◆ RECORDS FOR PROCESSING
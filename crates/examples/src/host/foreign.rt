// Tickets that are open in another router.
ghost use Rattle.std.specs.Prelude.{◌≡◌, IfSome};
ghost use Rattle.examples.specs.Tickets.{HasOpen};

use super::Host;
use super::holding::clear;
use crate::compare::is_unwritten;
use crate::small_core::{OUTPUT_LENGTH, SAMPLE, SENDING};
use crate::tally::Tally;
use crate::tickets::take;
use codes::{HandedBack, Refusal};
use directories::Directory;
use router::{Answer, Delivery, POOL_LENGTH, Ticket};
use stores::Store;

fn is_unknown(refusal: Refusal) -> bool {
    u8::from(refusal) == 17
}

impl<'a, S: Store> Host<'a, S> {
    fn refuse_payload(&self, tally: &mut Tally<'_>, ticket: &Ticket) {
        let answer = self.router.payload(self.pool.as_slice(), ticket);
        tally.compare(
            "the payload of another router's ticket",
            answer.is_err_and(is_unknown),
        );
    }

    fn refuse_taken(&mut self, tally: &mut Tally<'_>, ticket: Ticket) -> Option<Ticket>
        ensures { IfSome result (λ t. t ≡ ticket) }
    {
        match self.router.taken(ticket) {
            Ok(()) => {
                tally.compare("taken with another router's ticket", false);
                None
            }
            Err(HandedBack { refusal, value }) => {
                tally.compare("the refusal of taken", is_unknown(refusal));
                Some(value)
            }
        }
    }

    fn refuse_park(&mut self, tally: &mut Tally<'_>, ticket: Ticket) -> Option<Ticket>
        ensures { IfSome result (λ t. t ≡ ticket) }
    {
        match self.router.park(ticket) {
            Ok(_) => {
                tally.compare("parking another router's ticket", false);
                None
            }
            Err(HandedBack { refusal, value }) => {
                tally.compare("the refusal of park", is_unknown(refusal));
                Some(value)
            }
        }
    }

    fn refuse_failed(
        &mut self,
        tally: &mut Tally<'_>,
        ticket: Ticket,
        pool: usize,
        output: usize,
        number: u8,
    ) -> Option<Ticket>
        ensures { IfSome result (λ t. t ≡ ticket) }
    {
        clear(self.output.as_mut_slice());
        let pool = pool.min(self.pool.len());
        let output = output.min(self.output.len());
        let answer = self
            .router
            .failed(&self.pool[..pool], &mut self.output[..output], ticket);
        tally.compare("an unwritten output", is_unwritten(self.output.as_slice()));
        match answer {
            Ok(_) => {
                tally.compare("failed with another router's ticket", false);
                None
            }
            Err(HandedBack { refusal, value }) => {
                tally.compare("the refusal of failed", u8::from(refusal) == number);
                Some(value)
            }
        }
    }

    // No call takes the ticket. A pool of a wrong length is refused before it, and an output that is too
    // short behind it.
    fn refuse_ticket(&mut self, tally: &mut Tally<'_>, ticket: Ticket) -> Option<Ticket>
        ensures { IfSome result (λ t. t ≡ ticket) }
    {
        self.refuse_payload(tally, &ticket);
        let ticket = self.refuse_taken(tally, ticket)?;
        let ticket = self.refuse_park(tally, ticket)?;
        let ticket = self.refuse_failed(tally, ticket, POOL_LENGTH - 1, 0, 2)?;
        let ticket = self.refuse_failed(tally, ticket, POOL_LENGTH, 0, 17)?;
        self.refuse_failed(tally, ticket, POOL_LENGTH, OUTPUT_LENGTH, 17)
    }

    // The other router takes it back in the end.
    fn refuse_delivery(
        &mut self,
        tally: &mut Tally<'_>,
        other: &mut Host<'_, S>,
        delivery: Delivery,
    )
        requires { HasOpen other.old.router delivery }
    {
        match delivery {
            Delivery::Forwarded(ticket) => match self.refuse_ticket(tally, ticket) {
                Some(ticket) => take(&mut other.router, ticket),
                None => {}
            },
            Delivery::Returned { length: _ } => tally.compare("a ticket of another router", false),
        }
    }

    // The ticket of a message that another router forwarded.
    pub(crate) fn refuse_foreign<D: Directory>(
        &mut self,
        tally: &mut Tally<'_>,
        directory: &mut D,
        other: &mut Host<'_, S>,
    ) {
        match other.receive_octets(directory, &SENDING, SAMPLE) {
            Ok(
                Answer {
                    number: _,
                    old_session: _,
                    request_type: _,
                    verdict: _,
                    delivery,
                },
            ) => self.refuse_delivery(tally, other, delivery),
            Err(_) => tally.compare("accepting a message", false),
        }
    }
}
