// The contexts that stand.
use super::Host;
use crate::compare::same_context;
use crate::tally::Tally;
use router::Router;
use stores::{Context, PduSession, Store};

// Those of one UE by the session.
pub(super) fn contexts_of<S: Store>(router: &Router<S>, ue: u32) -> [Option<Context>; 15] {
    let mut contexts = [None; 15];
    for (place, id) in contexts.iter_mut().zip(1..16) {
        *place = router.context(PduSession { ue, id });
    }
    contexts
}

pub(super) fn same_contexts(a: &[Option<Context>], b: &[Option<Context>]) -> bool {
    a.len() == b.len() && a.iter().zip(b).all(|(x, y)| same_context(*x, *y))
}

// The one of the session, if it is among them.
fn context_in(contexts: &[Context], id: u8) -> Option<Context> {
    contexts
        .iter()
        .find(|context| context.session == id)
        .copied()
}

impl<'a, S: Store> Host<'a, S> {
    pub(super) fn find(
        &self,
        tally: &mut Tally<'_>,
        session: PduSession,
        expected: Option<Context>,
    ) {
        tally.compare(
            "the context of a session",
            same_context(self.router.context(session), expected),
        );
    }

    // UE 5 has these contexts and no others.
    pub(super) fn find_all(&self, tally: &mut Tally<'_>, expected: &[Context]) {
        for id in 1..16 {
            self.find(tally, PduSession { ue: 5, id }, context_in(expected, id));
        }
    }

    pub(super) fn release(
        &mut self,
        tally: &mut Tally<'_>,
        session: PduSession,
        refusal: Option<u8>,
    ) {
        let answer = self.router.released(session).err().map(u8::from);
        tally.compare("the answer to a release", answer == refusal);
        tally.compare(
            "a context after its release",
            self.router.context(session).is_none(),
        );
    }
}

◆ YOUR INSTRUCTIONS
The response must consist solely of the lines from the one with "context of a" through the end of the listing above, copied exactly; please include the first and the last.

◆ EXERCISE RESPONSE
            "the context of a session",
            same_context(self.router.context(session), expected),
        );
    }

    // UE 5 has these contexts and no others.
    pub(super) fn find_all(&self, tally: &mut Tally<'_>, expected: &[Context]) {
        for id in 1..16 {
            self.find(tally, PduSession { ue: 5, id }, context_in(expected, id));
        }
    }

    pub(super) fn release(
        &mut self,
        tally: &mut Tally<'_>,
        session: PduSession,
        refusal: Option<u8>,
    ) {
        let answer = self.router.released(session).err().map(u8::from);
        tally.compare("the answer to a release", answer == refusal);
        tally.compare(
            "a context after its release",
            self.router.context(session).is_none(),
        );
    }
}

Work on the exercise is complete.